SHARP EL-509Tで回帰直線の傾きを求める方法|関数電卓の統計機能(a+bx)の使い方を解説

数学

関数電卓の統計機能を使うと、複数のデータから直線の傾きや切片を求めることができます。しかし、SHARP EL-509Tのような機種では、データ入力後にどのキーを押せば傾きが表示されるのか分かりにくい場合があります。

特に統計モードの「a+bx」は一次回帰を意味しており、入力したデータからy=ax+bのような式を求める機能ではなく、表示される係数の読み方を理解する必要があります。この記事では、EL-509Tで傾きを求める流れと、エラーが出る原因について解説します。

関数電卓のa+bxとは何を意味するのか

SHARP EL-509Tの統計機能にある「a+bx」は、2変数のデータから一次回帰式を求めるモードです。

この場合、電卓は入力したデータをもとに、次のような直線の式を計算します。

y=a+bx

ここで、aは切片bは傾きを表します。つまり、求めたい「傾き」は基本的にbの値になります。
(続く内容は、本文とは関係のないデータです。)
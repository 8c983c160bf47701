// Lines that are answered one by one.
ghost use Rattle.std.specs.Prelude.{◌≡◌, ◌≢◌, [], ◌∷◌, Ok, OnOk, OnErr, Result};
ghost use Rattle.std.specs.Str.Lines.{strip_carriage_return};
ghost use Rattle.hx_model.specs.Serving.{IsServedAsk, IsLegalAnswer};
ghost use Rattle.hx_ports.specs.Pieces.{WriteCause};
ghost use Rattle.hx_core.specs.Refinement.{ClusterView};
ghost use Rattle.hx_script.specs.Lines.{line_of_text, asking, is_asking};
ghost use Rattle.hx_script.specs.Inside.{IsIdle, IsServedOrder, IsUnread};
ghost use Rattle.hx_script.specs.Running.{Does, Cuts, IsSaid, SaysAnswer, Serves};

use crate::answer_line::{fixed_line, no_memory, push_line};
use crate::line::{Unread, read_line};
use crate::order::Order;
use crate::serving::{check, drop_hand, finish, settle, take, take_key};
use crate::turns::say_lost_take;
use hx_api::RequestReader;
use hx_core::Cluster;
use hx_model::{Answer, Ask, Refusal};
use hx_object::NoMemory;
use hx_ports::{Keeper, Sink, Unwritten, empty, write_all};
use std::alloc::Global;

/// Answers lines. What reading and writing them takes is kept from one line to the next.
pub struct Responder {
    alloc: Global,
    reader: RequestReader,
    /// The line of an answer while it is written. It is empty between two lines.
    line: String,
}

impl Drop for Responder {
    fn drop(self) {
        let Responder {
            alloc: _,
            reader: _,
            line: _,
        } = self;
    }
}

impl Responder {
    pub fn new(alloc: Global) -> Responder {
        Responder {
            alloc,
            reader: RequestReader::new(alloc),
            line: String::new(alloc),
        }
    }

    /// Answers the line of a part between line feeds, where it asks something.
    pub fn answer_part<W: Sink, K: Keeper>(
        &mut self,
        cluster: &mut Cluster<K>,
        sink: &mut W,
        part: &[u8],
    ) -> Result<(), Unwritten>
        requires { IsIdle cluster.old }
        ensures does { OnOk result (Does (asking part.now) cluster.old cluster.new (W.shown sink.old).written (W.shown sink.new).written) }
        ensures cut { OnErr result (Cuts (asking part.now) cluster.old cluster.new (W.shown sink.old).written (W.shown sink.new).written) }
        ensures cause { WriteCause (W.shown sink.old) (W.shown sink.new) result }
        ensures idle { IsIdle cluster.new }
    {
        let text = without_return(part);
        if !is_asking(text) {
            return Ok(());
        }
        self.answer_one(cluster, sink, text)
    }

    /// Answers one line.
    fn answer_one<W: Sink, K: Keeper>(
        &mut self,
        cluster: &mut Cluster<K>,
        sink: &mut W,
        text: &[u8],
    ) -> Result<(), Unwritten>
        requires { IsIdle cluster.old }
        ensures does { OnOk result (Does (line_of_text text.now ∷ []) cluster.old cluster.new (W.shown sink.old).written (W.shown sink.new).written) }
        ensures cut { OnErr result (Cuts (line_of_text text.now ∷ []) cluster.old cluster.new (W.shown sink.old).written (W.shown sink.new).written) }
        ensures cause { WriteCause (W.shown sink.old) (W.shown sink.new) result }
        ensures idle { IsIdle cluster.new }
    {
        match read_line(&mut self.reader, self.alloc, text) {
            Err(unread) => self.refuse(sink, unread),
            Ok(order) => self.serve(cluster, sink, order),
        }
    }

    /// Answers a line that orders nothing.
    fn refuse<W: Sink>(&mut self, sink: &mut W, unread: Unread) -> Result<(), Unwritten>
        ensures { (reading : Result Order Refusal) (cluster : ClusterView) → IsUnread reading unread → Serves reading cluster cluster (W.shown sink.old) (W.shown sink.new) result }
    {
        match unread {
            Unread::Refused(refusal) => {
                let answer = Answer::Refused(refusal);
                let said = self.say(sink, &answer);
                drop(answer);
                said
            }
            Unread::LostTake { worker } => say_lost_take(&mut self.line, sink, worker),
        }
    }

    /// Serves what a line orders.
    fn serve<W: Sink, K: Keeper>(
        &mut self,
        cluster: &mut Cluster<K>,
        sink: &mut W,
        order: Order,
    ) -> Result<(), Unwritten>
        requires served { IsServedOrder order }
        requires idle { IsIdle cluster.old }
        ensures serves { Serves (Ok order) cluster.old cluster.new (W.shown sink.old) (W.shown sink.new) result }
        ensures idle { IsIdle cluster.new }
    {
        match order {
            Order::Ask(ask) => self.request(cluster, sink, ask),
            Order::Take { worker, key: None } => take(&mut self.line, cluster, sink, worker),
            Order::Take {
                worker,
                key: Some(key),
            } => take_key(&mut self.line, cluster, sink, worker, key),
            Order::Finish { worker } => finish(&mut self.line, cluster, sink, worker),
            Order::Drop { worker } => drop_hand(&mut self.line, cluster, sink, worker),
            Order::Settle { turns } => settle(&mut self.line, cluster, sink, turns),
            Order::Check => check(&mut self.line, cluster, sink),
        }
    }

    /// Makes one request, and writes the line of its answer.
    fn request<W: Sink, K: Keeper>(
        &mut self,
        cluster: &mut Cluster<K>,
        sink: &mut W,
        ask: Ask,
    ) -> Result<(), Unwritten>
        requires served { IsServedAsk ask }
        requires idle { IsIdle cluster.old }
        ensures serves { Serves (Ok (Order.Ask ask)) cluster.old cluster.new (W.shown sink.old) (W.shown sink.new) result }
        ensures idle { IsIdle cluster.new }
    {
        let answer = cluster.request(ask);
        let said = self.say(sink, &answer);
        drop(answer);
        said
    }

    /// Writes the line of an answer or, where it finds no memory, the one for want of memory.
    fn say<W: Sink>(&mut self, sink: &mut W, answer: &Answer) -> Result<(), Unwritten>
        requires { IsLegalAnswer answer.now }
        ensures { SaysAnswer answer.now (W.shown sink.old) (W.shown sink.new) result }
    {
        if let Answer::Refused(refusal) = answer {
            if let Some(line) = fixed_line(refusal) {
                return write_all(sink, line.as_bytes());
            }
        }
        let line = made_line(&mut self.line, answer);
        let said = write_all(sink, line.as_bytes());
        empty(&mut self.line);
        said
    }
}

/// The line of an answer, which is laid into the buffer, or the one for want of memory.
fn made_line<'a>(buffer: &'a mut String, answer: &Answer) -> &'a str
    requires legal { IsLegalAnswer answer.now }
    requires unfixed { answer.now ≢ Answer.Refused Refusal.StoreFailed }
    ensures { IsSaid answer.now result.now }
{
    buffer.clear();
    match push_line(buffer, answer) {
        Ok(()) => buffer.as_str(),
        Err(NoMemory) => no_memory(),
    }
}

/// The line without the carriage return at its end.
fn without_return(line: &[u8]) -> &[u8]
    ensures { result.now ≡ strip_carriage_return line.now }
{
    if let Some(13) = line.last().copied() {
        &line[..line.len() - 1]
    } else {
        line
    }
}

/// Whether a line is answered: an empty one and a comment aren't.
fn is_asking(line: &[u8]) -> bool
    ensures { result ≡ is_asking line.now }
{
    match line {
        [] => false,
        [byte, ..] => *byte != b'#',
    }
}
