// Words that are joined by single spaces.
ghost use Rattle.std.specs.Prelude.{◌≡◌, ◌≤◌, ◌<◌, ◌&&◌, true, length, IfSome, option_copied};
ghost use Rattle.std.specs.List.{list_all};
ghost use Rattle.std.specs.Str.Parse.{digits_value};
ghost use Rattle.hx_object.specs.Names.{is_digit};
ghost use Rattle.hx_model.specs.First.{so};
ghost use Rattle.hx_script.specs.Words.{first_space, word_of, rest_of, is_short_decimal, has_no_leading_zero, is_number};

use memchr::memchr;

/// The first word, and what follows it and its space, where there is a space.
#[tactic(auto, unfolding(crate::specs::Words::word_of, crate::specs::Words::rest_of))]
pub fn cut(text: &str) -> (&str, Option<&str>)
    ensures word { result.0.now ≡ word_of text.now }
    ensures rest { option_copied result.1 ≡ rest_of text.now }
{
    match first_space(text) {
        Some(space) => (&text[..space], Some(&text[space + 1..])),
        None => (text, None),
    }
}

/// Where the first space is.
fn first_space(text: &str) -> Option<usize>
    ensures { result ≡ first_space text.now }
{
    memchr(b' ', text.as_bytes())
}

/// The number that a text is in decimal, without a leading zero, where it lies within the bounds. It has at most ten digits.
#[tactic(auto, unfolding(crate::specs::Words::is_number))]
pub fn number_in(least: u64, most: u64, text: &str) -> Option<u64>
    ensures number { result ≡ so (is_number least most text.now) (digits_value 10 text.now) }
    ensures bounds { IfSome result (λ value. (least ≤ value) × (value ≤ most)) }
{
    let digits = text.as_bytes();
    if !is_short_decimal(digits) {
        return None;
    }
    let value = value_of(digits);
    if least <= value && value <= most {
        Some(value)
    } else {
        None
    }
}

/// Whether the bytes are 1 to 10 digits without a leading zero.
#[tactic(auto, unfolding(crate::specs::Words::is_short_decimal))]
fn is_short_decimal(text: &[u8]) -> bool
    ensures decimal { result ≡ is_short_decimal text.now }
    ensures few { result ≡ true → length text.now ≤ 10 }
    ensures digits { result ≡ true → list_all is_digit text.now ≡ true }
{
    if text.is_empty() || text.len() > 10 {
        return false;
    }
    has_digits(text) && has_no_leading_zero(text)
}

fn has_digits(text: &[u8]) -> bool
    ensures { result ≡ list_all is_digit text.now }
{
    text.iter().all(|byte| is_digit(*byte))
}

fn is_digit(byte: u8) -> bool
    ensures { result ≡ is_digit byte }
{
    b'0' <= byte && byte <= b'9'
}

fn has_no_leading_zero(text: &[u8]) -> bool
    requires { 1 ≤ length text.now }
    ensures { result ≡ has_no_leading_zero text.now }
{
    text[0] != b'0' || text.len() == 1
}

/// The number that decimal digits stand for.
fn value_of(digits: &[u8]) -> u64
    requires few { length digits.now ≤ 10 }
    requires digits { list_all is_digit digits.now ≡ true }
    ensures { result ≡ digits_value 10 digits.now }
{
    let mut value = 0;
    for digit in digits {
        value = value * 10 + (*digit - b'0') as u64;
    }
    value
}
例えば、xが1増えたときにyがどれだけ増えるかを知りたい場合、その変化量を表すbが傾きになります。

EL-509Tで傾きを求める基本手順

まず、統計モードでデータを入力します。

一般的な流れは以下のようになります。

  1. [MODE]キーを押す
  2. 統計計算(STAT)を選択する
  3. 一次回帰「a+bx」を選択する
  4. xの値とyの値を順番に入力する
  5. データ入力終了後、統計結果を呼び出す

データ入力が終わった後は、単純に[ON/C]を押して0表示に戻しても、まだ傾きは表示されません。[ON/C]は計算画面をクリアする操作であり、統計結果を表示する操作ではないためです。

傾きbを表示する方法

EL-509Tでは、統計計算結果を呼び出すための操作が必要です。

一次回帰モードの場合、求めたい値は「b」です。統計結果メニューから回帰係数bを選択して表示します。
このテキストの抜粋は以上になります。